Она так и не простила бабушек за то, что они вняли жалостливым просьбам Розы о том, чтобы ей позволили не возвращаться в школу до приезда опекуна, – школа же была под стать заведению миссис Блимбер, и из ее стен уже вышло множество Тутсов[6] женского рода.
– Лично я никогда не считала эту школу подходящим заведением для девочки, которая, как вот Роза, может рассчитывать на внушительное наследство. Отличное место для тех, кому придется зарабатывать себе на жизнь, учительствуя или иным путем, ей же достаточно будет года-другого в модном пансионе, чтобы, начав в восемнадцать выезжать, она произвела фурор, – вставила тетя Клара, которая была когда-то светской красавицей, да и сейчас оставалась привлекательной женщиной.
– Ах, боже правый! Какая близорукость – все эти разговоры об образовании и планах на будущее, ведь несчастное дитя одной ногой в могиле, – вздохнула тетя Сара, картинно всхлипнув и плавно покачивая своим траурным чепцом, – она отказывалась снимать его под тем предлогом, что страдает от хронического катара.
– По-моему, девчушке просто нужны свобода, отдых и забота. У меня от ее взгляда прямо сердце сжимается – я же вижу, она нуждается в чем-то таком, что ни одна из нас, со всеми нашими материнскими чувствами, дать ей не в состоянии, – произнесла тетя Джесси, и в ее ярких глазах заблестели слезы, как будто ее ошеломила мысль, что и ее сыновья могут, как и Роза, оказаться на попечении чужих людей.
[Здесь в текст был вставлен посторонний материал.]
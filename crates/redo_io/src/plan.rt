// Which calls of something in memory fail.
ghost use Rattle.std.specs.Prelude.{◌≡◌, ◌≤◌, IsTrue};
ghost use Rattle.model_base.specs.{HasRisen};
ghost use Rattle.redo_io.specs.Plan.{fails_now, plan_after_call, unused, with_fault};

use std::marker::Model;

/// The numbers of the calls that fail, counted from 0, and how many calls and faults there were. Both counts stand still
/// at the last value that 64 bits hold.
#[derive(Debug, Drop)]
pub struct Plan {
    failing: Vec<u64>,
    calls: u64,
    faults: u64,
}

impl Model for Plan {
    ghost use Rattle.redo_io.specs.Plan.{Planned};

    ghost Value = { Planned };

    ghost view = { λ plan. record { failing = plan.failing.items; calls = plan.calls; faults = plan.faults } };
}

impl Plan {
    /// A plan that fails these calls.
    pub fn new(failing: Vec<u64>) -> Self
        ensures { result ≡ unused failing.items }
    {
        Plan {
            failing,
            calls: 0,
            faults: 0,
        }
    }

    /// Counts a call, and says whether it fails, which is a fault.
    pub fn fails(&mut self) -> bool
        ensures named { result ≡ fails_now self.old }
        ensures after { self.new ≡ plan_after_call self.old }
        ensures later { self.old.faults ≤ self.new.faults }
        ensures cause { IsTrue result → HasRisen self.old.faults self.new.faults }
    {
        let fails = self.failing.contains(&self.calls);
        self.calls = self.calls.saturating_add(1);
        if fails {
            self.faults = self.faults.saturating_add(1);
        }
        fails
    }

    /// Counts a fault that the plan doesn't name.
    pub fn add_fault(&mut self)
        ensures after { self.new ≡ with_fault self.old }
        ensures later { self.old.faults ≤ self.new.faults }
        ensures cause { HasRisen self.old.faults self.new.faults }
    {
        self.faults = self.faults.saturating_add(1);
    }
}
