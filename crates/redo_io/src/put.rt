// Writing a text whole.
ghost use Rattle.std.specs.Prelude.{◌≡◌, ◌≤◌, ◌<◌, OnOk, OnErr};
ghost use Rattle.model_base.specs.{HasRisen};
ghost use Rattle.redo_io.specs.Ends.{with_taken, TakesPart};
ghost use Rattle.redo_io.specs.Writes.{IsPutThrough};

use crate::{IoFault, Sink};

/// Writes all the bytes. It takes no memory. After an error the sink has taken some of them off the front.
pub fn put_all<O: Sink>(sink: &mut O, bytes: &[u8]) -> Result<(), IoFault>
    ensures ok { OnOk result ((O.seen sink.new).taken ≡ with_taken (O.seen sink.old).taken bytes.now) }
    ensures err { OnErr result (TakesPart (O.seen sink.old).taken bytes.now (O.seen sink.new).taken) }
    ensures later { (O.seen sink.old).faults ≤ (O.seen sink.new).faults }
    ensures cause { OnErr result (HasRisen (O.seen sink.old).faults (O.seen sink.new).faults) }
    ensures writes { IsPutThrough O.write_gives sink.old bytes.now result sink.new }
{
    let mut rest = bytes;
    while !rest.is_empty() {
        let count = sink.write(rest)?;
        rest = &rest[count..];
    }
    Ok(())
}
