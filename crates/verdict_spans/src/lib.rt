// The spans of weeks that are a breach by themselves while no shorter span inside them is one. A breach from a Monday on stays one when the end moves
// later, so one verdict from each Monday gives the last week of the shortest breach from there. The Mondays are taken from the last to the first: a span
// is one of those to list unless one that begins later ends no later.
#![tactic(auto)]

ghost use Rattle.std.specs.Prelude.{◌≡◌, ◌-◌, ◌^◌, ◌≤◌, ◌<◌, length, drop};
ghost use Rattle.recording.specs.Words.{minutes_in, activity_in, minutes_of};
ghost use Rattle.recording.specs.Answers.{answered, counted, filled, answer_of};
ghost use Rattle.recording.specs.Operations.{total_at_most};
ghost use Rattle.rules.specs.Verdict.{verdict};
ghost use Rattle.rules.specs.Operations.{finding_of};
ghost use Rattle.rules.specs.Spans.{weeks_begun, breach_spans, spans_given};
ghost use Rattle.verdict_sweep.specs.Sweep.{SameFronts};
ghost use Rattle.verdict_judging.specs.Judgements.{finding_by};
ghost use Rattle.verdict_spans.specs.Mondays.{Sound, last_by, Seated, Reaches};
ghost use Rattle.verdict_spans.specs.Listing.{spans_in, spans_by};

pub use listed::Spans;
use recording::{Recording, Refusal};
use rules::Weeks;
use verdict::{
    FEW_NOGOODS, FEW_STATES, MANY_NOGOODS, MANY_STATES, MOST_NOGOODS, MOST_STATES, PLENTY_NOGOODS,
    PLENTY_STATES, SOME_NOGOODS, SOME_STATES,
};
use verdict_judging::Verdict;
use verdict_sweep::Fronts;

mod listed;

/// The most weeks that a recording can begin.
pub const WEEKS: usize = (recording::TOTAL_AT_MOST / recording::WEEK_MINUTES) as usize;

/// Where a minute lies: the index of its word, and the minute at which that word begins.
#[derive(Clone, Copy)]
pub struct Seat {
    pub index: usize,
    pub start: u32,
}

// The weeks that so many minutes begin.
fn weeks_begun(minutes: u32) -> u32
    requires { minutes ≤ total_at_most }
    ensures { result ≡ weeks_begun minutes }
{
    (minutes + (recording::WEEK_MINUTES - 1)) / recording::WEEK_MINUTES
}

// The word that is left of one once its first minutes are taken away.
fn word_after(word: u32, minutes: u32) -> u32
    requires { minutes ≤ minutes_in word }
    ensures { (minutes_in result ≡ minutes_in word - minutes) × (activity_in result ≡ activity_in word) }
{
    word - 4 * minutes
}

// Where a minute lies, sought from a place after it towards the start.
fn seat_before(words: &[u32], from: Seat, minute: u32) -> Seat
    requires { Reaches words.now minute from × (minute < length (minutes_of words.now)) }
    ensures { Seated words.now minute result }
{
    let mut index = from.index;
    let mut start = from.start;
    // The walk goes back as far as it has to: no chain says it more plainly.
    while minute < start {
        index -= 1;
        start -= words[index] / 4;
    }
    Seat { index, start }
}

// The verdict on the recording from a minute on, which lies at this seat.
fn verdict_at(
    words: &[u32],
    total: u32,
    seat: Seat,
    minute: u32,
    nogoods: &mut [u32],
    fronts: &mut Fronts,
) -> Result<Verdict, Refusal>
    requires { (length (minutes_of words.now) ≤ total_at_most) × (total ≡ length (minutes_of words.now)) × Seated words.now minute seat }
    ensures answer { finding_by result ≡ answered (finding_of (verdict (drop minute (minutes_of words.now)))) }
    ensures lent { SameFronts fronts.old fronts.new }
{
    let index = seat.index;
    let head = word_after(words[index], minute - seat.start);
    let recording = Recording {
        head,
        words: &words[index + 1..],
    };
    verdict::verdict_from(recording, total - minute, nogoods, fronts)
}

// The last week of the shortest breach from the Monday of a week on, by the verdict from there; or the number of weeks where there is none.
fn last_week(weeks: u32, first: u32, found: Result<Verdict, Refusal>) -> u32
    requires { (first ≤ total_at_most) × Sound (finding_by found) }
    ensures { result ≡ last_by weeks first (finding_by found) }
{
    match found {
        Ok(Verdict::Breach(breach)) => first + (breach.minute - 1) / recording::WEEK_MINUTES,
        Ok(Verdict::Pass) => weeks,
        Err(_) => weeks,
    }
}

// The spans of a recording of so many minutes. The nogoods and the fronts are room for the search, of any length; every verdict
// takes the same.
fn spans_within(words: &[u32], total: u32, nogoods: &mut [u32], fronts: &mut Fronts) -> Spans
    requires { (length (minutes_of words.now) ≤ total_at_most) × (total ≡ length (minutes_of words.now)) }
    ensures spans { spans_in result ≡ breach_spans (minutes_of words.now) }
    ensures lent { SameFronts fronts.old fronts.new }
{
    let weeks = weeks_begun(total);
    let mut spans = [Weeks { first: 0, last: 0 }; WEEKS];
    let mut place = WEEKS;
    let mut seat = Seat {
        index: words.len(),
        start: total,
    };
    let mut first = weeks;
    let mut nearest = weeks;
    // From the last Monday to the first, with a seat that each step moves: no chain says it more plainly.
    while 0 < first {
        first -= 1;
        let monday = recording::WEEK_MINUTES * first;
        seat = seat_before(words, seat, monday);
        let found = verdict_at(words, total, seat, monday, nogoods, fronts);
        let last = last_week(weeks, first, found);
        if last < nearest {
            place -= 1;
            spans[place] = Weeks { first, last };
            nearest = last;
        }
    }
    Spans {
        weeks: spans,
        place,
    }
}

// The same with room of so many words for the nogoods and for each front.
fn spans_with<const NOGOODS: usize, const STATES: usize>(words: &[u32], total: u32) -> Spans
    requires words { (length (minutes_of words.now) ≤ total_at_most) × (total ≡ length (minutes_of words.now)) }
    requires small { (NOGOODS ≤ 2 ^ 20) × (STATES ≤ 2 ^ 20) }
    ensures { spans_in result ≡ breach_spans (minutes_of words.now) }
{
    let mut nogoods = [0u32; NOGOODS];
    let mut fronts = Fronts {
        front: &mut [0u32; STATES],
        other: &mut [0u32; STATES],
        states: 0,
    };
    spans_within(words, total, &mut nogoods, &mut fronts)
}

// The same with room by the number of long rests of the whole. No part of it has more.
fn spans_in_room(words: &[u32], total: u32, count: u32) -> Spans
    requires { (length (minutes_of words.now) ≤ total_at_most) × (total ≡ length (minutes_of words.now)) }
    ensures { spans_in result ≡ breach_spans (minutes_of words.now) }
{
    if count <= verdict::FEW {
        return spans_with::<FEW_NOGOODS, FEW_STATES>(words, total);
    }
    if count <= verdict::SOME {
        return spans_with::<SOME_NOGOODS, SOME_STATES>(words, total);
    }
    if count <= verdict::MANY {
        return spans_with::<MANY_NOGOODS, MANY_STATES>(words, total);
    }
    if count <= verdict::PLENTY {
        return spans_with::<PLENTY_NOGOODS, PLENTY_STATES>(words, total);
    }
    spans_with::<MOST_NOGOODS, MOST_STATES>(words, total)
}

/// The spans for a list of `room` records: weighing's refusals, or that of a list with too few.
pub fn spans_of(words: &[u32], room: usize) -> Result<Spans, Refusal>
    ensures { spans_by result ≡ spans_given words.now room }
{
    let weighing = recording::weigh(words);
    let Ok(measure) = weighing else {
        return Err(weighing.unwrap_err());
    };
    let spans = spans_in_room(words, measure.total, measure.count);
    let count = spans.list().len();
    if room < count {
        return Err(Refusal::ShortSpanList);
    }
    Ok(spans)
}

/// The spans that are a breach while no shorter span inside them is one, into a lent list, one record each: weighing's refusals, or that of a list with
/// too few.
pub fn breach_spans(words: &[u32], list: &mut [Weeks]) -> Result<u32, Refusal>
    ensures answer { answer_of result ≡ counted (spans_given words.now (length list.old)) }
    ensures list_after { list.new ≡ filled (spans_given words.now (length list.old)) list.old }
{
    let spans = spans_of(words, list.len())?;
    let count = recording_list::fill(list, spans.list().iter().copied());
    Ok(count as u32)
}
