ghost use Rattle.std.specs.Prelude.{◌≡◌, ◌≤◌, length, drop};

use rules::Weeks;

/// The spans of a recording, in order, in an array that holds them from a place on.
#[derive(Clone, Copy)]
pub struct Spans {
    pub weeks: [Weeks; crate::WEEKS],
    pub place: usize,
    ghost within: { place ≤ length weeks },
}

impl Spans {
    /// The spans alone.
    pub fn list(&self) -> &[Weeks]
        ensures { result.now ≡ drop self.now.place self.now.weeks }
    {
        &self.weeks[self.place..]
    }
}
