// Which metadata blocks are copied, and where their copies and the attachments are placed: for any limit of copied
// blocks up to 2,050, and images up to 128 TiB.
#![tactic(auto)]

pub mod attachments;
pub mod columns;
pub mod copies;
pub mod history;
pub mod memo;
pub mod roots;
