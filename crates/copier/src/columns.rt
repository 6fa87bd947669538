// The metadata of columns, out of the words in which planning keeps them.
ghost use Rattle.std.specs.Prelude.{◌≡◌, ◌≤◌, length, get_or};
ghost use Rattle.copier.specs.Standing.{standing, Ready};
ghost use Rattle.copier.specs.Got.{Copied, AfterGot};
ghost use Rattle.copier.specs.Index.{Indexed};
ghost use Rattle.copier.specs.Roots.{copies_of};

use crate::memo::{Copying, index_copies, is_ready};
use crate::roots::column_roots;
use fields::refusal::Refusal;

// Word i, 0 past the end.
pub fn word(w: &[u64], i: u64) -> u64
    ensures { result ≡ get_or w.now i 0 }
{
    w.get(i as usize).copied().unwrap_or(0)
}

// The blocks that n columns refer to, and all that they link to, in order.
fn copy_all(
    image: &[u8],
    columns: &[u64],
    n: u64,
    memo: &mut [u64],
    index: &mut [u16; 4096],
    most: u64,
    state: Copying,
) -> Result<Copying, Refusal>
    requires { Ready memo.old most state × (n ≤ 512) × Indexed memo.old state.used index.old }
    ensures copied { Copied memo.old memo.new result
        (copies_of most image.now columns.now 0 n (standing memo.old state)) }
    ensures after { AfterGot result state }
{
    let mut st = state;
    for k in 0..n {
        let p = 8 * k;
        let dg = word(columns, p + 2);
        let cg = word(columns, p + 1);
        let cn = word(columns, p);
        st = column_roots(image, memo, index, dg, cg, cn, most, st)?;
    }
    Ok(st)
}

// The same, with at most so many copies; 1 where copying can't begin (`Ready`), and for more than 512 columns.
pub fn copy_columns(
    image: &[u8],
    columns: &[u64],
    n: u64,
    memo: &mut [u64],
    most: u64,
    state: Copying,
) -> Result<Copying, Refusal>
    ensures copied { Ready memo.old most state → n ≤ 512
        → Copied memo.old memo.new result
        (copies_of most image.now columns.now 0 n (standing memo.old state)) }
    ensures after { Ready memo.old most state → n ≤ 512 → AfterGot result state }
{
    if !is_ready(memo, most, state) || 512 < n {
        return Err(Refusal::Arguments);
    }
    let mut index = index_copies(memo, state.used);
    copy_all(image, columns, n, memo, &mut index, most, state)
}
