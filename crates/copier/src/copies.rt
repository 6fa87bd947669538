// The metadata copier: it calls itself on each link, the depth left falls from 65, and the words say what is copied.
ghost use Rattle.std.specs.Prelude.{◌≡◌, ◌+◌, ◌*◌, ◌-◌, ◌≤◌, length, drop};
ghost use Rattle.mdf.specs.Block.{links_at};
ghost use Rattle.plan.specs.Copies.{is_copied, lost_links, copy_links, copy_at, copy_root};
ghost use Rattle.copier.specs.Standing.{copies_in, standing};
ghost use Rattle.copier.specs.Begin.{begin_at};
ghost use Rattle.copier.specs.Got.{begun_of, Copied, AfterGot, IndexedGot, MayCopy};
ghost use Rattle.copier.specs.Index.{Indexed};

use crate::memo::{Copying, find_in, place};
use blocks::block::{MD, TX, kind_at, links_at, size_at, whole_at};
use fields::field_at;
use fields::refusal::Refusal;

pub const CC: u64 = 1128473379;

pub const SI: u64 = 1230185251;

pub const FH: u64 = 1212556067;

// TX, MD, CC, SI, FH.
pub fn is_copied(kind: u64) -> bool
    ensures { result ≡ is_copied kind }
{
    [TX, MD, CC, SI, FH].contains(&kind)
}

// The links that the block at a loses in front: the first of an FH.
pub fn lost_links(image: &[u8], a: u64) -> u64
    ensures { result ≡ lost_links image.now a }
{
    if kind_at(image, a) == FH { 1 } else { 0 }
}

// The number of links of the block at a that are followed.
pub fn links_left(image: &[u8], a: u64) -> u64
    ensures { result ≡ links_at image.now a - lost_links image.now a }
{
    links_at(image, a).saturating_sub(lost_links(image, a))
}

// Whether the links of the block at a are to be followed, with the blocks on the way down from index left on, the
// nearest first: not for 0 and for a block that is copied, 16, then the block's own checks (4, 8, 9, 4), not for
// another kind, 19.
fn begin(
    image: &[u8],
    memo: &[u64],
    index: &[u16; 4096],
    way: &[u64; 65],
    a: u64,
    left: u64,
    most: u64,
    used: u64,
) -> Result<bool, Refusal>
    requires { (used ≤ 2050) × (2 * used ≤ length memo.now) × (left ≤ 65) × Indexed memo.now used index.now }
    ensures { begun_of result ≡ begin_at most left image.now (drop left way.now) a
        (copies_in memo.now used) }
{
    if a == 0 {
        return Ok(false);
    }
    if find_in(memo, index, used, a).is_some() {
        return Ok(false);
    }
    if left == 0 {
        return Err(Refusal::NotCopied(a));
    }
    if way[left as usize..].contains(&a) {
        return Err(Refusal::NotCopied(a));
    }
    whole_at(image, a)?;
    if !is_copied(kind_at(image, a)) {
        return Ok(false);
    }
    if used + (65 - left) < most {
        return Ok(true);
    }
    Err(Refusal::OverLimit(a))
}

// The block at a and all that it links to, with the blocks on the way down in `way` from index left on.
pub(crate) fn copy(
    image: &[u8],
    memo: &mut [u64],
    index: &mut [u16; 4096],
    way: [u64; 65],
    a: u64,
    left: u64,
    most: u64,
    state: Copying,
) -> Result<Copying, Refusal>
    requires { (left ≤ 65) × (state.used + 65 ≤ 2050 + left) × MayCopy memo.old most state index.old }
    ensures copied { Copied memo.old memo.new result
        (copy_at most left image.now (drop left way) a (standing memo.old state)) }
    ensures indexed { IndexedGot result memo.new index.new }
{
    let follows = begin(image, memo, index, &way, a, left, most, state.used)?;
    if !follows {
        return Ok(state);
    }
    let mut down = way;
    down[(left - 1) as usize] = a;
    let links = links_left(image, a);
    let p = a + 24 + 8 * lost_links(image, a);
    let mut st = state;
    for i in 0..links {
        let link = field_at::<8>(image, p + 8 * i);
        st = copy(image, memo, index, down, link, left - 1, most, st)?;
    }
    let size = size_at(image, a);
    Ok(place(memo, index, a, size, st))
}

// The block at a, from outside of any copied block.
pub(crate) fn copy_root(
    image: &[u8],
    memo: &mut [u64],
    index: &mut [u16; 4096],
    a: u64,
    most: u64,
    state: Copying,
) -> Result<Copying, Refusal>
    requires { MayCopy memo.old most state index.old }
    ensures copied { Copied memo.old memo.new result
        (copy_root most image.now a (standing memo.old state)) }
    ensures after { AfterGot result state }
    ensures indexed { IndexedGot result memo.new index.new }
{
    copy(image, memo, index, [0u64; 65], a, 65, most, state)
}

// The links that stand at p, so many of them, from outside of any copied block.
pub(crate) fn follow(
    image: &[u8],
    memo: &mut [u64],
    index: &mut [u16; 4096],
    count: u64,
    at: u64,
    most: u64,
    state: Copying,
) -> Result<Copying, Refusal>
    requires { (at + 8 * count ≤ length image.now + 8) × MayCopy memo.old most state index.old }
    ensures copied { Copied memo.old memo.new result
        (copy_links (copy_root most image.now) image.now count at
        (standing memo.old state)) }
    ensures after { AfterGot result state }
    ensures indexed { IndexedGot result memo.new index.new }
{
    let mut st = state;
    for i in 0..count {
        let link = field_at::<8>(image, at + 8 * i);
        st = copy_root(image, memo, index, link, most, st)?;
    }
    Ok(st)
}
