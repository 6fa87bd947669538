// What a column refers to: links of its CG, its CN and its DG.
ghost use Rattle.std.specs.Prelude.{◌≡◌, ◌≤◌, length, get_or};
ghost use Rattle.plan.specs.Copies.{copy_roots};
ghost use Rattle.copier.specs.Standing.{standing, Room};
ghost use Rattle.copier.specs.Got.{Copied, AfterGot, IndexedGot, MayCopy};
ghost use Rattle.copier.specs.Index.{Indexed};
ghost use Rattle.copier.specs.Roots.{roots};

use crate::copies::copy_root;
use crate::memo::Copying;
use blocks::block::link_at;
use fields::refusal::Refusal;

// Link number i of the nine: CG links 3, 4, 6, CN links 3, 4, 5, 7, 8, the DG comment.
pub fn root(image: &[u8], dg: u64, cg: u64, cn: u64, i: u64) -> u64
    ensures { result ≡ get_or (roots image.now dg cg cn) i 0 }
{
    match i {
        0 => link_at(image, cg, 2),
        1 => link_at(image, cg, 3),
        2 => link_at(image, cg, 5),
        3 => link_at(image, cn, 2),
        4 => link_at(image, cn, 3),
        5 => link_at(image, cn, 4),
        6 => link_at(image, cn, 6),
        7 => link_at(image, cn, 7),
        8 => link_at(image, dg, 3),
        _ => 0,
    }
}

// The nine blocks and all that they link to, in order.
pub(crate) fn column_roots(
    image: &[u8],
    memo: &mut [u64],
    index: &mut [u16; 4096],
    dg: u64,
    cg: u64,
    cn: u64,
    most: u64,
    state: Copying,
) -> Result<Copying, Refusal>
    requires { MayCopy memo.old most state index.old }
    ensures copied { Copied memo.old memo.new result
        (copy_roots most image.now (roots image.now dg cg cn)
        (standing memo.old state)) }
    ensures after { AfterGot result state }
    ensures indexed { IndexedGot result memo.new index.new }
{
    let mut st = state;
    for i in 0..9 {
        let link = root(image, dg, cg, cn, i);
        st = copy_root(image, memo, index, link, most, st)?;
    }
    Ok(st)
}
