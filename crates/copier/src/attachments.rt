// The attachment chain: each AT is placed after the blocks newly copied for it; three words each from 4100 on.
ghost use Rattle.std.specs.Prelude.{◌≡◌, [], ◌∷◌, ◌+◌, ◌*◌, ◌≤◌, ◌<◌, length};
ghost use Rattle.base.specs.Blit.{blit};
ghost use Rattle.plan.specs.Geometry.{align8};
ghost use Rattle.plan.specs.Copies.{attachments_of};
ghost use Rattle.copier.specs.Standing.{standing, Room, Ready};
ghost use Rattle.copier.specs.Attaching.{attached_in, Moves};
ghost use Rattle.copier.specs.Index.{Indexed};

use crate::copies::follow;
use crate::memo::{Chain, Copying, aligned, index_copies, is_ready};
use blocks::block::{first_link, links_at, size_at};
use fields::refusal::Refusal;
use photos::{Going, goes_on};

// Whether a is one of the attachments so far.
fn is_attached(memo: &[u64], count: u64, a: u64) -> bool
    requires { (count ≤ 64) × (8192 ≤ length memo.now) }
    ensures { result ≡ attached_in memo.now 4100 count a }
{
    for i in 0..count as usize {
        if memo[4100 + 3 * i] == a {
            return true;
        }
    }
    false
}

// The AT at a of so many bytes, after what is placed, with so many copies of its own.
fn attach(memo: &mut [u64], a: u64, size: u64, count: u64, own: u64, state: Copying) -> Copying
    requires { (count < 64) × (8192 ≤ length memo.old) × Room state.used state.next
        × (size ≤ 140737488355328) }
    ensures words { memo.new
        ≡ blit (4100 + 3 * count) (a ∷ align8 state.next ∷ own ∷ []) memo.old }
    ensures state { result ≡ record { used = state.used; next = align8 (align8 state.next + size) } }
{
    let at = (4100 + 3 * count) as usize;
    let to = aligned(state.next);
    let next = aligned(to + size);
    memo[at] = a;
    memo[at + 1] = to;
    memo[at + 2] = own;
    Copying {
        used: state.used,
        next,
    }
}

// The chain from a on: it ends at 0, at an AT met before and at another kind; header range (4), 18, whole range (4), 19.
fn move_chain(
    image: &[u8],
    memo: &mut [u64],
    index: &mut [u16; 4096],
    a: u64,
    most: u64,
    state: Copying,
) -> Result<Chain, Refusal>
    requires { Ready memo.old most state × (length image.now ≤ 140737488355328)
        × Indexed memo.old state.used index.old }
    ensures { Moves memo.old memo.new state result
        (attachments_of most image.now a (standing memo.old state)) }
{
    let mut at = a;
    let mut count: u64 = 0;
    let mut st = state;
    loop {
        let met = is_attached(memo, count, at);
        let Going::On = goes_on(image, at, met, count)? else {
            return Ok(Chain { count, state: st });
        };
        let links = links_at(image, at);
        let t = follow(image, memo, index, links - 1, at + 32, most, st)?;
        let size = size_at(image, at);
        st = attach(memo, at, size, count, t.used - st.used, t);
        count += 1;
        at = first_link(image, at);
    }
}

// The same, with at most so many copies; 1 where copying can't begin (`Ready`), and for an image past 128 TiB.
pub fn attachments(
    image: &[u8],
    memo: &mut [u64],
    a: u64,
    most: u64,
    state: Copying,
) -> Result<Chain, Refusal>
    ensures { Ready memo.old most state → length image.now ≤ 140737488355328
        → Moves memo.old memo.new state result
        (attachments_of most image.now a (standing memo.old state)) }
{
    if !is_ready(memo, most, state) || 140737488355328 < image.len() {
        return Err(Refusal::Arguments);
    }
    let mut index = index_copies(memo, state.used);
    move_chain(image, memo, &mut index, a, most, state)
}
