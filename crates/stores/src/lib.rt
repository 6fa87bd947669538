// Definitions and laws of a conversion in steps: its stores, named positions, windows of a file; no code.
Дядя Алек, который молча выслушал всех собеседников, теперь порывисто повернулся к своей сестре и произнес с решительным и одобрительным кивком:
– Ты совершенно права, Джесси; если ты мне поможешь, я попробую показать бедной девочке, что она не полностью осиротела.
– Сделаю все, что в моих силах, Алек; боюсь, тебе действительно понадобится моя помощь, поскольку даже при всей твоей рассудительности вряд ли ты сможешь понять нашу нежную и робкую Розу так, как поймет женщина, – заметила миссис Джесси, улыбнувшись в ответ, – сердце ее переполняла материнская благожелательность.
– И все же не могу не отметить, что, поскольку у меня была собственная дочь, я лучше других подхожу для воспитания девочки; крайне удивлена, что Джордж не препоручил ее мне, – заметила тетя Сара с меланхолической многозначительностью, ибо действительно родила семейству наследницу, а потому считала себя особо отличившейся, пусть некоторые зловредные языки и утверждали, что она же бедняжку и уморила своим лечением.
– А вот я ни в чем его не виню, памятуя, каким опасным экспериментам ты подвергала бедную Кэрри, – начала было миссис Джейн своим суровым голосом.
– Джейн Кэмпбелл, не желаю ничего слушать! Память о моей бесценной Каролине для меня свята! – воскликнула тетя Сара, поднимаясь с места, как будто с намерением покинуть помещение.